__Information given__.
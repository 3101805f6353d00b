//! How files are read, also by an input that fails, and exports that break off.
use crate::service::asking::{expect_line, expect_told, imported_from, new_in_memory};
use pid_doubles::{FaultyInput, FaultyOutput};
use pid_ident::WriteFault;
use pid_service::{ExportFault, Registry};
use pid_tables::WritableDatabase;
use std::alloc::Global;
use std::process::Abort;
use std::test::Fail;

fn expect_unchanged<C: WritableDatabase + Drop>(
    rt: &impl Abort,
    alloc: Global,
    registry: &mut Registry<C>,
    row: (&str, &str),
    reads: usize,
) -> Result<(), Fail> {
    let mut input = FaultyInput::new(row.1.as_bytes(), 1).failing_after(reads as u64);
    let line = imported_from(registry, alloc, row.0, &mut input)?;
    expect_line(rt, line.as_str(), "body", row.1);
    assert!(rt; registry.is_live());
    expect_told(rt, alloc, registry, "export | # PCI ID registry;\n")
}

// Whatever else holds, a fault of the input is answered, and nothing of the file stays.
#[test]
fn a_failing_input_changes_nothing(rt: HostRuntime) -> Result<(), Fail> {
    for row in [
        ("root", "8086  I\n"),
        ("carol", "8086  I\n"),
        ("root", "8086  I\n8086  I\n"),
    ] {
        for reads in 0..row.1.len() {
            let mut registry = new_in_memory(rt.alloc())?;
            expect_unchanged(&rt, rt.alloc(), &mut registry, row, reads)?;
        }
    }
    Ok(())
}

// A file of 9,000 bytes is read to its end, by three reads and the one that finds the end, whatever
// the import comes to.
fn expect_emptied<C: WritableDatabase + Drop>(
    rt: &impl Abort,
    alloc: Global,
    registry: &mut Registry<C>,
    file: &str,
    row: (&str, &str),
) -> Result<(), Fail> {
    let mut input = FaultyInput::new(file.as_bytes(), 65_536);
    let line = imported_from(registry, alloc, row.0, &mut input)?;
    expect_line(rt, line.as_str(), row.1, file);
    assert!(rt; input.rest.is_empty() && input.reads == 4, "{file}");
    Ok(())
}

#[test]
fn files_are_read_to_their_end(rt: HostRuntime) -> Result<(), Fail> {
    let alloc = rt.alloc();
    let mut registry = new_in_memory(alloc)?;
    let comment = "#".repeat(alloc, 8_980)?;
    for (file, row) in [
        ("8086  I", ("root", "ok added=1 renamed=0 same=0")),
        ("8086  I", ("carol", "refused 4 NoAccount")),
        (
            "8086 ",
            ("root", "refused 14 FileFault line=1 kind=5 NoName"),
        ),
    ] {
        let text = format!(in alloc; "{file}\n{comment}\n# the end")?;
        expect_emptied(&rt, alloc, &mut registry, text.as_str(), row)?;
    }
    Ok(())
}

const ITEMS: &str = "\
import root 8086  Intel;>1237  440FX;C 01  Mass;S 8086;>1100  Board | ok added=4 renamed=0 same=0
export | # PCI ID registry;8086  Intel;>1237  440FX;C 01  Mass;S 8086;>1100  Board;
";

const EXPORTED: &str = "\
export | # PCI ID registry;8086  Intel;>1237  440FX;C 01  Mass;S 8086;>1100  Board;
";

const TEXT: &[u8] =
    b"# PCI ID registry\n8086  Intel\n\t1237  440FX\nC 01  Mass\nS 8086\n\t1100  Board\n";

// What was written after so many good writes of one byte is a prefix.
fn expect_prefix<C: WritableDatabase + Drop>(
    rt: &impl Abort,
    alloc: Global,
    registry: &mut Registry<C>,
    writes: usize,
) {
    let mut output = FaultyOutput::new(alloc, 1).failing_after(writes as u64, WriteFault::Zero);
    let fault = registry.export_rows(&mut output);
    assert!(rt; matches!(fault, Err(ExportFault::Write(WriteFault::Zero))));
    assert!(rt; output.taken.len() == writes && TEXT.starts_with(output.taken.as_slice()));
}

fn expect_prefixes<C: WritableDatabase + Drop>(
    rt: &impl Abort,
    alloc: Global,
    registry: &mut Registry<C>,
) -> Result<(), Fail> {
    expect_told(rt, alloc, registry, ITEMS)?;
    for writes in 0..TEXT.len() {
        expect_prefix(rt, alloc, registry, writes);
    }
    expect_told(rt, alloc, registry, EXPORTED)
}

// The registry goes on after each.
#[test]
fn exports_break_off(rt: HostRuntime) -> Result<(), Fail> {
    let mut registry = new_in_memory(rt.alloc())?;
    expect_prefixes(&rt, rt.alloc(), &mut registry)
}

__Task details__. Every line holding the string "WriteFault" should be copied here, so please find those lines in the data.

__Written answer__.
use pid_ident::WriteFault;
    let mut output = FaultyOutput::new(alloc, 1).failing_after(writes as u64, WriteFault::Zero);
    assert!(rt; matches!(fault, Err(ExportFault::Write(WriteFault::Zero))));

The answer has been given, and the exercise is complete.